▸ ABOUT THIS TASK
A line belongs in the answer if it contains "does"; copy every such line from the entries below.

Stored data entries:
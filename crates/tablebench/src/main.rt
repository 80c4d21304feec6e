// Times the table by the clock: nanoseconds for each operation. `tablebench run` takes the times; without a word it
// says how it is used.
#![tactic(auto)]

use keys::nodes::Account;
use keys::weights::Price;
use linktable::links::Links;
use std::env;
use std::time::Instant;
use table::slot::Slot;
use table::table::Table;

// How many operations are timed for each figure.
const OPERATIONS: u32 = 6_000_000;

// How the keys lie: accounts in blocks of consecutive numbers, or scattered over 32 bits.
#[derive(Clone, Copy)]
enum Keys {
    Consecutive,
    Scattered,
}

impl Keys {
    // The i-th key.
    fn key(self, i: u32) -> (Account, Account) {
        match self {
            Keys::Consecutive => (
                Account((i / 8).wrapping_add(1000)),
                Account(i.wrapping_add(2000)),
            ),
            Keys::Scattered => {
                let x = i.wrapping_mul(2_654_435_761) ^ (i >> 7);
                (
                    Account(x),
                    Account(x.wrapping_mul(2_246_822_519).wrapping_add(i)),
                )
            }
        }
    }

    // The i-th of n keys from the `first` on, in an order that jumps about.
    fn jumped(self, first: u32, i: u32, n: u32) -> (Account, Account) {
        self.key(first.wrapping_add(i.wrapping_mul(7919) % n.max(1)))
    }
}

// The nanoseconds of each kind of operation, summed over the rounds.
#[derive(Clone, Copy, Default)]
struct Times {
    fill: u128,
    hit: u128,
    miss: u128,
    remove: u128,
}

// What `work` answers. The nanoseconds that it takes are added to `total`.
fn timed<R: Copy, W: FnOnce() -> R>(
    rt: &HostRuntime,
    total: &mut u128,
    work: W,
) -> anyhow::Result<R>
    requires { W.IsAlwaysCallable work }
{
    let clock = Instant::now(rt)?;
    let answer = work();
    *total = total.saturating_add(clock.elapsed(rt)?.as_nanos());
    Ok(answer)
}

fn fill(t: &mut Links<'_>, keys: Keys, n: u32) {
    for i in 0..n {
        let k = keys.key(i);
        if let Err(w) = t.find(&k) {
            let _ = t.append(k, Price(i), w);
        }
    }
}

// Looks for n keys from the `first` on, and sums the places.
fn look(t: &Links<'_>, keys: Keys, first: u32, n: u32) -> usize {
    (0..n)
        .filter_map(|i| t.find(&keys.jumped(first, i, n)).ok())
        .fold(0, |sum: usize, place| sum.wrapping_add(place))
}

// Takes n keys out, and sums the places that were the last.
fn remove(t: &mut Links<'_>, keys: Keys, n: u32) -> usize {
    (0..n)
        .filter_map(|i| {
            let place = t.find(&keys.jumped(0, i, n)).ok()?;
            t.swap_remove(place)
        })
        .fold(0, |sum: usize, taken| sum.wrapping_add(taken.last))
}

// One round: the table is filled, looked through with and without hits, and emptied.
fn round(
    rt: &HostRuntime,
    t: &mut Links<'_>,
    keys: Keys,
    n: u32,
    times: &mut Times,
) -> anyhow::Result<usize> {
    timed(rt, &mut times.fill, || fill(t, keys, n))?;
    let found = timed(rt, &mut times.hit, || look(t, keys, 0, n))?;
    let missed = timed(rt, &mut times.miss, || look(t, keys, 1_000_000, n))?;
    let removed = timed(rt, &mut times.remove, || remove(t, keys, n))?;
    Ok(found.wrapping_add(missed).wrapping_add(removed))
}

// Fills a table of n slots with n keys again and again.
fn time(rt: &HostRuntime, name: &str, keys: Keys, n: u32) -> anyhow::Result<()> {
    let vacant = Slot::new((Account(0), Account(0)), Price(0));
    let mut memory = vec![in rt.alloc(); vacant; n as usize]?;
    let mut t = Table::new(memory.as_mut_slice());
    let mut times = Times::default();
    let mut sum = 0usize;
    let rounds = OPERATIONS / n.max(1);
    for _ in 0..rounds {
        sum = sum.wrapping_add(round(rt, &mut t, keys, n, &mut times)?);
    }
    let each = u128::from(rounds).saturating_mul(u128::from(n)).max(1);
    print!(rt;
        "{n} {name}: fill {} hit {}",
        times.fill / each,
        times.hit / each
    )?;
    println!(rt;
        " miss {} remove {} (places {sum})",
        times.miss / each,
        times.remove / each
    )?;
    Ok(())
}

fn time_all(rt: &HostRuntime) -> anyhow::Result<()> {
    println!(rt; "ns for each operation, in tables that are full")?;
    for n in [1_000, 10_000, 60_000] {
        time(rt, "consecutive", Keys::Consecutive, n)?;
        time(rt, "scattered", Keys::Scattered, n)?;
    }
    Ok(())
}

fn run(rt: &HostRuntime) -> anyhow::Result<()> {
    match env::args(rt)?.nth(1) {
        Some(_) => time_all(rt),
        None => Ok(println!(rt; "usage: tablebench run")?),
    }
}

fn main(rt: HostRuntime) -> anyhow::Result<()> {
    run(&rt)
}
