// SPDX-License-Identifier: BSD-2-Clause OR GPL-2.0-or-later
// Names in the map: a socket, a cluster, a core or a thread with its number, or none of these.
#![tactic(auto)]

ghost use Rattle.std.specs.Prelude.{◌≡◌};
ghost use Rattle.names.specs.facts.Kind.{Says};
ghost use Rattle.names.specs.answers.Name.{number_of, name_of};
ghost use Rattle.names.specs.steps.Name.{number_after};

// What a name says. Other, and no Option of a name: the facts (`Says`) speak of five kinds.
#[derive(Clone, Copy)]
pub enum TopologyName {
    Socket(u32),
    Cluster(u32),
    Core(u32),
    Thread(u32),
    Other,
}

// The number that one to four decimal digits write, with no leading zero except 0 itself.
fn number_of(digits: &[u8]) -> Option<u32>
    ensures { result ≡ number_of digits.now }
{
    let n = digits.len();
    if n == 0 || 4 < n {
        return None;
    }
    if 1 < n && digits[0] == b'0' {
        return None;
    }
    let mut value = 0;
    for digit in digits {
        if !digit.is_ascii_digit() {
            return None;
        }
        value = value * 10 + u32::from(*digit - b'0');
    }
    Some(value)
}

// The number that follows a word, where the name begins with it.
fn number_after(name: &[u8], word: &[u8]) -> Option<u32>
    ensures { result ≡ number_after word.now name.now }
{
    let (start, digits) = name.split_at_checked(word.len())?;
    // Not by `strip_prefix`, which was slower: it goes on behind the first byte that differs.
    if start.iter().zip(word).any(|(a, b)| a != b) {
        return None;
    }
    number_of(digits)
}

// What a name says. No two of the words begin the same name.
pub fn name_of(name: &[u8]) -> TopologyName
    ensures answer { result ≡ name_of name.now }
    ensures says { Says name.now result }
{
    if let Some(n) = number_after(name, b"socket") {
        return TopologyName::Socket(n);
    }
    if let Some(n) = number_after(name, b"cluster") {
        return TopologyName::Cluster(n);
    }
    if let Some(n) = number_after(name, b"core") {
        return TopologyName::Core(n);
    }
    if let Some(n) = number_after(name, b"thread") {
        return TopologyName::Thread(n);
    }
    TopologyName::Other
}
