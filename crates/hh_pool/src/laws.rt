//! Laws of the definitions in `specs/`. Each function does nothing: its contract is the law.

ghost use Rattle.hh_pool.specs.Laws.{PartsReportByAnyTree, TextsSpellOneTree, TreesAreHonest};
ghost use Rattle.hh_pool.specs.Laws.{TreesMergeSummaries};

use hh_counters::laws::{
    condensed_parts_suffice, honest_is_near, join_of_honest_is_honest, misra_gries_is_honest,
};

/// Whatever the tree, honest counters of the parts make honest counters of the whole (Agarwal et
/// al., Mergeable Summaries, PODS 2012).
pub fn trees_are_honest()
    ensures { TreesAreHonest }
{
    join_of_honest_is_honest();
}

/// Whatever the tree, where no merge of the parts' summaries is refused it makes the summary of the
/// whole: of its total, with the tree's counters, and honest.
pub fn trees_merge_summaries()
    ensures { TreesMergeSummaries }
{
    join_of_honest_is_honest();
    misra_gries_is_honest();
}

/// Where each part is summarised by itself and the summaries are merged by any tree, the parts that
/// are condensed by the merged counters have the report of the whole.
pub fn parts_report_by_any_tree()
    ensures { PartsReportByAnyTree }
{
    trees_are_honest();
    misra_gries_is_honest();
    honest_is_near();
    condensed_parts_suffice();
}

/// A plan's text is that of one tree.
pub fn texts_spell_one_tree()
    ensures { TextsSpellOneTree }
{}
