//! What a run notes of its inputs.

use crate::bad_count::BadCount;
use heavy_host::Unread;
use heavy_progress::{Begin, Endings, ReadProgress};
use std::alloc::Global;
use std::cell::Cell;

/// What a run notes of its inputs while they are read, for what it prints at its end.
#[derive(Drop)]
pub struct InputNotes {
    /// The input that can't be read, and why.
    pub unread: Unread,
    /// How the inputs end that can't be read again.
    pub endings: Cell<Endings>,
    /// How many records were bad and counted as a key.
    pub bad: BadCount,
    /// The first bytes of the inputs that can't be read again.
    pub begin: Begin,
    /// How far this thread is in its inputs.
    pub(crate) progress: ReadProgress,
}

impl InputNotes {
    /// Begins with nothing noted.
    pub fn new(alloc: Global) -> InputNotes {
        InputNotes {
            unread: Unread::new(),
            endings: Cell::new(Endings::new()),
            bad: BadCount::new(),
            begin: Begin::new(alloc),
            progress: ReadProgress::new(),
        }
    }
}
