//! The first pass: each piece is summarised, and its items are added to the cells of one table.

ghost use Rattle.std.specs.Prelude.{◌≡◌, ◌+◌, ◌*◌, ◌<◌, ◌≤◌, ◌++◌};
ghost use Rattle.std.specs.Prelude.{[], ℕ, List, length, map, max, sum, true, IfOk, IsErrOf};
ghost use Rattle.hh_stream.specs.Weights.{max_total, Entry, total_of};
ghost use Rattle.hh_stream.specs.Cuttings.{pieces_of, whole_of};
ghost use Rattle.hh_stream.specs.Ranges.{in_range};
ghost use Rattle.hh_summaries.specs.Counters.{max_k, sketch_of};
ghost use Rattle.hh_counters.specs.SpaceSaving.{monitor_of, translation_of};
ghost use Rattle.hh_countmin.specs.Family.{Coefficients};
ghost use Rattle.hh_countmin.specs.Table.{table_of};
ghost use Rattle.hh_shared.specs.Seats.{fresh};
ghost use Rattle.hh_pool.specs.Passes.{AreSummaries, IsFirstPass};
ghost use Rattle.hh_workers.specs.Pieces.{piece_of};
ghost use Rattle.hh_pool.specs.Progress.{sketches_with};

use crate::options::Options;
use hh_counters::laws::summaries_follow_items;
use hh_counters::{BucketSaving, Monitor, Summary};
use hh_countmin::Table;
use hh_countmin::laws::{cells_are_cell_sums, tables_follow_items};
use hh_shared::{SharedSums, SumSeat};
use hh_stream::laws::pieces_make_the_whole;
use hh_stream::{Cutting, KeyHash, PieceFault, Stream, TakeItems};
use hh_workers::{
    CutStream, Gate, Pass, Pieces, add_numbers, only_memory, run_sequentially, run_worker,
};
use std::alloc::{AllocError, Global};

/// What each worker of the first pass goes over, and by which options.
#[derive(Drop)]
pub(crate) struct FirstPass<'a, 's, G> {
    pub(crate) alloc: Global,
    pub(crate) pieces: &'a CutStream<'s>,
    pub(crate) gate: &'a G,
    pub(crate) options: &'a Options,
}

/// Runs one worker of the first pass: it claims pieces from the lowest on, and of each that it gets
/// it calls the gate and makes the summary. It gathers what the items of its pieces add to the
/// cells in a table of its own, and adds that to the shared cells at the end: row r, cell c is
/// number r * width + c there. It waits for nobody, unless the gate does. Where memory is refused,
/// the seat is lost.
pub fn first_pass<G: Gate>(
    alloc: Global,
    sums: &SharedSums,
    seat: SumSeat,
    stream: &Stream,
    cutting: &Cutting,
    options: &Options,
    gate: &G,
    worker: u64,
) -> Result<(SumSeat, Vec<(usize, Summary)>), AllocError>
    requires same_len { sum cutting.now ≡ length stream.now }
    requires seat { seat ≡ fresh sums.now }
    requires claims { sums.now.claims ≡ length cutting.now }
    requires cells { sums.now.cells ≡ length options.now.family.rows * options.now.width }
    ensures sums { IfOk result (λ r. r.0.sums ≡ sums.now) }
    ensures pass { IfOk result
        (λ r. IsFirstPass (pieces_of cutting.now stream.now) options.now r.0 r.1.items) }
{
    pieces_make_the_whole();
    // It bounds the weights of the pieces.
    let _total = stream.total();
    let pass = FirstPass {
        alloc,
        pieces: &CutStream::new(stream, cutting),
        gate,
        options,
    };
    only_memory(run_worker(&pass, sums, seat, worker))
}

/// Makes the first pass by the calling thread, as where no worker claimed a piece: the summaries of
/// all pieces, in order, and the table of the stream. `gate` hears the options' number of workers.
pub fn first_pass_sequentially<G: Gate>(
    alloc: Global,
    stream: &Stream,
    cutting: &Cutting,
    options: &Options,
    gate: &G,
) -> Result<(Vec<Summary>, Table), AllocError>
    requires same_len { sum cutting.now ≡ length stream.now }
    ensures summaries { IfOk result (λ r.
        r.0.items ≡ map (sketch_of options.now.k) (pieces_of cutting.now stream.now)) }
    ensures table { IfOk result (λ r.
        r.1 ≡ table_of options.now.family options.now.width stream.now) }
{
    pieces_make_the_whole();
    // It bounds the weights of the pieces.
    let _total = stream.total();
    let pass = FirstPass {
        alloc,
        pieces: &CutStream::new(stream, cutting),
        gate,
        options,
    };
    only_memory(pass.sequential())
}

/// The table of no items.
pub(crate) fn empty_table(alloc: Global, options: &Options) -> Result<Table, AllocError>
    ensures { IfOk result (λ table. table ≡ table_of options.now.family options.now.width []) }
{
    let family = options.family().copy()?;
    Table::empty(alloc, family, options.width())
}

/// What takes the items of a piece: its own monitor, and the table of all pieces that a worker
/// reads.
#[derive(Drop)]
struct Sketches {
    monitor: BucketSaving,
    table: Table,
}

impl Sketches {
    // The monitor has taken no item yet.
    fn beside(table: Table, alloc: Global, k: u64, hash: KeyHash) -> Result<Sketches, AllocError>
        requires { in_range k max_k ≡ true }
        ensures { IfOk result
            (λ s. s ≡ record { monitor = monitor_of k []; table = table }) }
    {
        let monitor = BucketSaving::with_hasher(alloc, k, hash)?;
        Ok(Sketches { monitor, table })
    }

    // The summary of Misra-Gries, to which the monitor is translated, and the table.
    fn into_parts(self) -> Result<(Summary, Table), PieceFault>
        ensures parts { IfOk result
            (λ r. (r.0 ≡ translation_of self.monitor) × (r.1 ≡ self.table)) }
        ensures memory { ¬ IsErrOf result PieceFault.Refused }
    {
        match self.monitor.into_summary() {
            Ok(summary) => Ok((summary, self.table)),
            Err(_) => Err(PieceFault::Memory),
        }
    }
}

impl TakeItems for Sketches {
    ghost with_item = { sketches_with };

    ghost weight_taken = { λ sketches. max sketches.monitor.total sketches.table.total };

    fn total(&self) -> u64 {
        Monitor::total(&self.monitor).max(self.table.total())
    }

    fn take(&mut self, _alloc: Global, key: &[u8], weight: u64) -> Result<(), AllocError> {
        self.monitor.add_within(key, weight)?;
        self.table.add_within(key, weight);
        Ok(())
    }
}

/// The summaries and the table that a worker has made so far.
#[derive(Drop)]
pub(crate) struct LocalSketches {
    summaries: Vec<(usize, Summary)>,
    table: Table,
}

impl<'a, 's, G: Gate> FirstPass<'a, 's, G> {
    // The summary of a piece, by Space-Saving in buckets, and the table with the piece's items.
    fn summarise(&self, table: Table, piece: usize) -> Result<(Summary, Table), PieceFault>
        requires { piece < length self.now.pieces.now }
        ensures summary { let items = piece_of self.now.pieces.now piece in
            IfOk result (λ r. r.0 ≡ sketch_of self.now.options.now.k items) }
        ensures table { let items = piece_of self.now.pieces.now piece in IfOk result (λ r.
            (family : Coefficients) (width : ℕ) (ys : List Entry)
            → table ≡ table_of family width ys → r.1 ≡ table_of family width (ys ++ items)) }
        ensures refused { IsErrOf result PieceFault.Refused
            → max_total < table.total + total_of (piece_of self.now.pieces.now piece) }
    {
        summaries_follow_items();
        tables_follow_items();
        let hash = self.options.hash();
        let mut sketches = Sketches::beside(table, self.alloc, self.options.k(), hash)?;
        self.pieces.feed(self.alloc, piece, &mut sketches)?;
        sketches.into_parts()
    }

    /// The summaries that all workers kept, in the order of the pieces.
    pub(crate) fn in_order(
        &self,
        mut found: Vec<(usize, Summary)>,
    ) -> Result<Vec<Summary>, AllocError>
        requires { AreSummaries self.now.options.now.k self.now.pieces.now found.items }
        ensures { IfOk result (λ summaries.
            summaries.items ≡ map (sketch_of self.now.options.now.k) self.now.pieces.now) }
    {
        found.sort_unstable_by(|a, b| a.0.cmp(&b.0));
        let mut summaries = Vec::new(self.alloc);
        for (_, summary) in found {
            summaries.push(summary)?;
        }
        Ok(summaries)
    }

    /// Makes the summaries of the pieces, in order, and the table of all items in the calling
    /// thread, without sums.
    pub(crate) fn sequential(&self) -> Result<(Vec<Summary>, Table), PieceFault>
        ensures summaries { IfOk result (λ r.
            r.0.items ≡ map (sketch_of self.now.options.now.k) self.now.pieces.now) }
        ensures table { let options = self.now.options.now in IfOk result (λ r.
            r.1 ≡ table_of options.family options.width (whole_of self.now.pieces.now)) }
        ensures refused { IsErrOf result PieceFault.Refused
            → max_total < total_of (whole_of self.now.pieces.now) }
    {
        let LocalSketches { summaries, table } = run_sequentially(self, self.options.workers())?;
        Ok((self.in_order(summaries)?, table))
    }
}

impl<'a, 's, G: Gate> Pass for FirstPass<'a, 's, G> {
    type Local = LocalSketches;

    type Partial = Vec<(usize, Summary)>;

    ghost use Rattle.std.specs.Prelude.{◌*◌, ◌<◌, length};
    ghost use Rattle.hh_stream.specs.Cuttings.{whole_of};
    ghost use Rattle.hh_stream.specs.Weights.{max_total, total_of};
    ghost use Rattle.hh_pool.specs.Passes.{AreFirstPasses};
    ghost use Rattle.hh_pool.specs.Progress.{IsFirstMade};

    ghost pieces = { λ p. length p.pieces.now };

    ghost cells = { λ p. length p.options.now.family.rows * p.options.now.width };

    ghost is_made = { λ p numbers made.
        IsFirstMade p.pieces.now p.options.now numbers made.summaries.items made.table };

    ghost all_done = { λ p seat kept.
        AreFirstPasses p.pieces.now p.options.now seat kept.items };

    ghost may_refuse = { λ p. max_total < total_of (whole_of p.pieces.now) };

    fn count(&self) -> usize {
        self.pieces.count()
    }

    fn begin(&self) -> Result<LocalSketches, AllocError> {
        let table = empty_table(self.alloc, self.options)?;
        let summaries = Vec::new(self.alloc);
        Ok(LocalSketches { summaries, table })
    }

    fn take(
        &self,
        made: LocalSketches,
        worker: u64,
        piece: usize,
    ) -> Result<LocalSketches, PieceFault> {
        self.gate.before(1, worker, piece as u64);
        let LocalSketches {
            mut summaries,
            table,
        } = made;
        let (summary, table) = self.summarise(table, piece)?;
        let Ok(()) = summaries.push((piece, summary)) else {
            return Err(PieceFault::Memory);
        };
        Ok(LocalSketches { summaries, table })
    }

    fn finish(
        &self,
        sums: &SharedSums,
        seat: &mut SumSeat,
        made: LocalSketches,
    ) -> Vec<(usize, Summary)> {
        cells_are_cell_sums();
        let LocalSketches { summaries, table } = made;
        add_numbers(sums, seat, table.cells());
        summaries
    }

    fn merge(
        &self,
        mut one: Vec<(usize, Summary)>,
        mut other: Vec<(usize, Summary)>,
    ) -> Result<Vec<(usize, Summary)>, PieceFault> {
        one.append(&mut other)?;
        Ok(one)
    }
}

▸ ANSWER TO THIS PROBLEM
//! Laws of the definitions in `specs/`. Each function does nothing: its contract is the law.
/// number r * width + c there. It waits for nobody, unless the gate does. Where memory is refused,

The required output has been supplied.